Your task - Look below for the line containing "repository 665b1e87732556cb"; from there through the line containing "mod writer;", both lines included, please set down each line exactly and nothing else.

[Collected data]
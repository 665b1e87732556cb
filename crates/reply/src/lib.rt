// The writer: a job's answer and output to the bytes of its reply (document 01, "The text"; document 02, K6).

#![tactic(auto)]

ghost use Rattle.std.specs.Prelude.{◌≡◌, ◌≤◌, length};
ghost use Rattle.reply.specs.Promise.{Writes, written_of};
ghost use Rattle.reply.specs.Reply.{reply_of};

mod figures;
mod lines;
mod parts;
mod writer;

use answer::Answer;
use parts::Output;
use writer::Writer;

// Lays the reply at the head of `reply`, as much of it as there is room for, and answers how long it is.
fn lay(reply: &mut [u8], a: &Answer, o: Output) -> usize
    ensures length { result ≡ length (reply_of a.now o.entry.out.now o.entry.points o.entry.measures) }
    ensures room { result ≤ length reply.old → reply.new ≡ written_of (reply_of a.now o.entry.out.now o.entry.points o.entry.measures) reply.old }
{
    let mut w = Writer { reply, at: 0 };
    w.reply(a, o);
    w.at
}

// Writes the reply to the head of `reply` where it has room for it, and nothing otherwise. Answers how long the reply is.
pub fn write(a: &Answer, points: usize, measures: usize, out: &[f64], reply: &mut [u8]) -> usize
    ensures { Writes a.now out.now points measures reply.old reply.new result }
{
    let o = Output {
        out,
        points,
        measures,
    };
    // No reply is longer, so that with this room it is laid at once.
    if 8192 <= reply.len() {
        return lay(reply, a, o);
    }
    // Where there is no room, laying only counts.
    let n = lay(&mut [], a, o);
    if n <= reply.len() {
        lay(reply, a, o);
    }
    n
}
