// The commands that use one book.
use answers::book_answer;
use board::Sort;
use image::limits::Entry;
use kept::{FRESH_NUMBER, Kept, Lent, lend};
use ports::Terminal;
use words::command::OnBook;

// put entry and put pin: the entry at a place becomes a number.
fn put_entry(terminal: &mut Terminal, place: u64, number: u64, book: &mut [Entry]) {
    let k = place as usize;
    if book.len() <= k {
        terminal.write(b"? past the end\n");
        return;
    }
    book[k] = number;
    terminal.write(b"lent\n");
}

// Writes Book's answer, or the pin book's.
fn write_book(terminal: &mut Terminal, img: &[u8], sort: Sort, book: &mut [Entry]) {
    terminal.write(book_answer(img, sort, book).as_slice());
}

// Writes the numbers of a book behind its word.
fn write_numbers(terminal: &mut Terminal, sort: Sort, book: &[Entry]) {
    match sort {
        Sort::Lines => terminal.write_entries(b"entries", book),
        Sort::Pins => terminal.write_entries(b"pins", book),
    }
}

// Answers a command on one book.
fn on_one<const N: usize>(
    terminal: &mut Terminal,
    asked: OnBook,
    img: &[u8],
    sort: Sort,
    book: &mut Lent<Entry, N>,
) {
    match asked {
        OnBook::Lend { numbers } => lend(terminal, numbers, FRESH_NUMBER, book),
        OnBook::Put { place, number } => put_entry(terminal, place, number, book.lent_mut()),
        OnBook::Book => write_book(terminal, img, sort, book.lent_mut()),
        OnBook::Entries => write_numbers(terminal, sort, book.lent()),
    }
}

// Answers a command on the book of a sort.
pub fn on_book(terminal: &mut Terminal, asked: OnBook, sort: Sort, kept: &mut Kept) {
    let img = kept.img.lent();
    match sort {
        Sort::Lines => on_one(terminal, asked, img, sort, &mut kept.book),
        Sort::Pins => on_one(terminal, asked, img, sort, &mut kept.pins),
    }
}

* * *

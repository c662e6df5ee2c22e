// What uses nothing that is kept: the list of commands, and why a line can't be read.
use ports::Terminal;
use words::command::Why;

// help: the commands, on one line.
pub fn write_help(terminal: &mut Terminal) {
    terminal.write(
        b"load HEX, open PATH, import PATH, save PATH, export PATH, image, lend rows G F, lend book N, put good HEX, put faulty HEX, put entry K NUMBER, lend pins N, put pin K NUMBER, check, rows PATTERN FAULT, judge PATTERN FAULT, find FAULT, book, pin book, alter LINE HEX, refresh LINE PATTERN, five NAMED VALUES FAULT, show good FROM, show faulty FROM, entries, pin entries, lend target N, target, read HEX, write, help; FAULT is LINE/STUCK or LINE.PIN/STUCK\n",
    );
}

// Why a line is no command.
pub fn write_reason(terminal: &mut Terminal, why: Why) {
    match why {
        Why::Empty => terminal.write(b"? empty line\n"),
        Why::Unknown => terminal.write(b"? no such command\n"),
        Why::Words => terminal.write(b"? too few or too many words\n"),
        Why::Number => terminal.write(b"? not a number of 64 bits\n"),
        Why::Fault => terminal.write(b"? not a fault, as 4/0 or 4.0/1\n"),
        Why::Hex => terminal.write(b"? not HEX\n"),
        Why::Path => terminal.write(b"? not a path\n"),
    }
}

Expected answer -
repository 665b1e87732556cb
filename crates/reply/src/lib.rt
// The writer: a job's answer and output to the bytes of its reply (document 01, "The text"; document 02, K6).

#![tactic(auto)]

ghost use Rattle.std.specs.Prelude.{◌≡◌, ◌≤◌, length};
ghost use Rattle.reply.specs.Promise.{Writes, written_of};
ghost use Rattle.reply.specs.Reply.{reply_of};

mod figures;
mod lines;
mod parts;
mod writer;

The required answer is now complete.